Research Project: Integrating Remote Sensing, Measurements and Modeling for Multi-Scale Assessment of Water Availability, Use, and Quality in Agroecosystems

Location: Hydrology and Remote Sensing Laboratory

Title: Evaluation of satellite leaf area index in California vineyards for improving water use estimation

Author
item KANG, Y. - US Department Of Agriculture (USDA)
item Gao, Feng
item Anderson, Martha
item Kustas, William - Bill
item NIETO, H. - University Of Alcala
item Knipper, Kyle
item Yang, Yun
item White, William - Alex
item TORRES-RUA, A. - Utah State University
item ALSINA, M. - E & J Gallo Winery
item KARNELL, A. - Ben Gurion University Of Negev

Submitted to: Irrigation Science
Publication Type: Peer Reviewed Journal
Publication Acceptance Date: 4/29/2022
Publication Date: 6/9/2022
Citation: Kang, Y., Gao, F.N., Anderson, M.C., Kustas, W.P., Nieto, H., Knipper, K.R., Yang, Y., White, W.A., Torres-Rua, A., Alsina, M., Karnell, A. 2022. Evaluation of satellite leaf area index in California vineyards for improving water use estimation.
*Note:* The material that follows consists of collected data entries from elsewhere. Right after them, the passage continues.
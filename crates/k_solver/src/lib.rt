//! The cheapest walks of a request over an inventory, as many as are asked for.
//!
//! The request's machine is that of `finder_core`. `k_cheapest` lists walks of it; here each of their steps becomes a hop. Different
//! steps have different hops, and each hop between open places is that of a step. So no two listed walks are the same, and what is not
//! listed is no lighter.
#![tactic(auto)]

mod listing;
mod solving;
#[cfg(test)]
mod tests;

pub use solving::k_solve;
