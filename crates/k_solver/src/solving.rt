ghost use Rattle.std.specs.Prelude.{◌<◌, IfOk, IfErr};
ghost use Rattle.std.specs.List.{Contains};
ghost use Rattle.ml_base.specs.declared.numbers.StateNo.{StateNo};
ghost use Rattle.circuit_spec.specs.declared.hops.TheConstants.{HOP_LIMIT as THE_LIMIT};
ghost use Rattle.circuit_spec.specs.Faults.{IsKnown, IsSound};
ghost use Rattle.k_answers.specs.KAnswers.{IsKAnswer};
ghost use Rattle.k_cheapest.specs.KLists.{IsKList};
ghost use Rattle.finder_core.specs.Refusals.{IsRefusal};

use crate::listing::list_walks;
use circuit_spec::{HOP_LIMIT, Request};
use finder_core::{SolveFault, check_known, machine_of};
use k_answers::KAnswer;
use k_cheapest::{KFound, k_best};
use machine_build::Built;
use ml_base::NoMemory;
use nml_inventory::Inventory;
use segment_grammar::Index;
use std::alloc::Global;

/// The cheapest walks of a machine.
fn best_of(alloc: Global, built: &Built, k: u32) -> Result<KFound, NoMemory>
    requires { (a : StateNo) → Contains built.now.starts a → a.0 < built.now.machine.states }
    ensures { IfOk result (λ f. IsKList built.now.machine.steps built.now.starts built.now.targets k THE_LIMIT f.walks f.end) }
{
    let machine = built.machine();
    let starts = built.starts();
    let targets = built.targets();
    let index = Index::new(alloc, machine)?;
    k_best(alloc, machine, &index, starts, targets, k, HOP_LIMIT)
}

/// The cheapest walks of a known request.
fn solve_known(
    alloc: Global,
    inventory: &Inventory,
    request: &Request,
    k: u32,
) -> Result<KAnswer, NoMemory>
    requires sound { IsSound inventory.now }
    requires known { IsKnown inventory.now request.now }
    ensures { IfOk result (IsKAnswer inventory.now request.now k) }
{
    let built = machine_of(alloc, inventory, request)?;
    let found = best_of(alloc, &built, k)?;
    let walks = list_walks(alloc, inventory, request, &built, found.walks.as_slice())?;
    let request = request.share()?;
    let end = found.end;
    Ok(KAnswer {
        request,
        walks,
        end,
    })
}

/// The `k` cheapest walks of a request over kept labels, each with its weight, and why there are no more of them. None is listed that
/// costs 2^64 or more, or that has more hops than the limit.
///
/// # Errors
///
/// `UnknownPort` where FROM or else TO is no port, `LabelNotHere` where the label that is stated at FROM or else at TO is not in the
/// set of its port's class, and `NoMemory`.
pub fn k_solve(
    alloc: Global,
    inventory: &Inventory,
    request: &Request,
    k: u32,
) -> Result<KAnswer, SolveFault>
    requires sound { IsSound inventory.now }
    ensures answer { IfOk result (IsKAnswer inventory.now request.now k) }
    ensures fault { IfErr result (IsRefusal inventory.now request.now) }
{
    if let Err(fault) = check_known(inventory, request) {
        return Err(fault);
    }
    let answer = solve_known(alloc, inventory, request, k)?;
    Ok(answer)
}
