ghost use Rattle.std.specs.Prelude.{◌<◌, IfOk, length};
ghost use Rattle.std.specs.List.{All};
ghost use Rattle.ml_base.specs.declared.numbers.StepNo.{StepNo as TheStep};
ghost use Rattle.k_cheapest.specs.KLists.{numbers_of};
ghost use Rattle.finder_core.specs.Outcomes.{AddsHop};
ghost use Rattle.machine_lift.specs.Lift.{AreHopsAt, IsMachineOf};
ghost use Rattle.k_solver.specs.Walks.{AreWithin, AreWalksOf, AddsWalk};

use circuit_spec::{HopList, Request};
use k_answers::{KHops, KHopsList};
use k_cheapest::KWalk;
use machine_build::Built;
use ml_base::{NoMemory, StepNo};
use nml_inventory::Inventory;
use std::alloc::Global;

/// Adds the hop of a step.
fn add_hop(
    inventory: &Inventory,
    request: &Request,
    built: &Built,
    hops: &mut HopList,
    step: StepNo,
) -> Result<(), NoMemory>
    requires built { IsMachineOf inventory.now request.now built.now }
    requires within { step.0 < length built.now.machine.steps }
    ensures { IfOk result (λ _. AddsHop inventory.now built.now step.0 hops.old hops.new) }
{
    let hop = built.hop(inventory, step)?;
    hops.push(hop)?;
    Ok(())
}

/// The hops of steps.
fn hops_of(
    alloc: Global,
    inventory: &Inventory,
    request: &Request,
    built: &Built,
    steps: &[StepNo],
) -> Result<HopList, NoMemory>
    requires built { IsMachineOf inventory.now request.now built.now }
    requires within { All (λ (k : TheStep). k.0 < length built.now.machine.steps) steps.now }
    ensures { IfOk result (AreHopsAt inventory.now built.now (numbers_of steps.now)) }
{
    let mut hops = HopList::new(alloc);
    for step in steps {
        add_hop(inventory, request, built, &mut hops, *step)?;
    }
    Ok(hops)
}

/// Adds a walk by its hops, with its weight.
fn add_walk(
    alloc: Global,
    inventory: &Inventory,
    request: &Request,
    built: &Built,
    walks: &mut KHopsList,
    walk: &KWalk,
) -> Result<(), NoMemory>
    requires built { IsMachineOf inventory.now request.now built.now }
    requires within { All (λ (k : TheStep). k.0 < length built.now.machine.steps) walk.now.steps }
    ensures { IfOk result (λ _. AddsWalk inventory.now built.now walk.now walks.old walks.new) }
{
    let hops = hops_of(alloc, inventory, request, built, walk.steps.as_slice())?;
    let weight = walk.weight;
    walks.push(KHops { weight, hops })?;
    Ok(())
}

/// The walks by their hops, in the same order.
pub fn list_walks(
    alloc: Global,
    inventory: &Inventory,
    request: &Request,
    built: &Built,
    found: &[KWalk],
) -> Result<KHopsList, NoMemory>
    requires built { IsMachineOf inventory.now request.now built.now }
    requires within { AreWithin built.now found.now }
    ensures { IfOk result (AreWalksOf inventory.now built.now found.now) }
{
    let mut walks = KHopsList::new(alloc);
    for walk in found {
        add_walk(alloc, inventory, request, built, &mut walks, walk)?;
    }
    Ok(walks)
}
Irrigation Science. https://doi.org/10.1007/s00271-022-00798-8.
DOI: https://doi.org/10.1007/s00271-022-00798-8

Interpretive Summary: Evapotranspiration (ET) is a critical indicator for irrigation management by measuring water loss from soil and plant. Energy balance ET models use surface temperature and Leaf Area Index (LAI) to partition evaporative fluxes between soil and plant. However, LAI estimation is subject to errors due to uncertainties from remote sensing signals and model assumptions. This paper evaluates six remotely sensed approaches for LAI estimation from Landsat and Sentinel-2 data and assesses the sensitivity of ET modeling due to the uncertainty of LAI. The paper focuses on three vineyard sites as part of the Grape Remote sensing Atmospheric Profile and Evapotranspiration eXeperiment (GRAPEX) project. Results show that the rule-based regression models trained with ground LAI measurements and satellite surface reflectance achieved high accuracy. These findings are valuable in understanding uncertainties of LAI and ET estimations from satellite remote sensing and help improving water used monitoring and irrigation scheduling.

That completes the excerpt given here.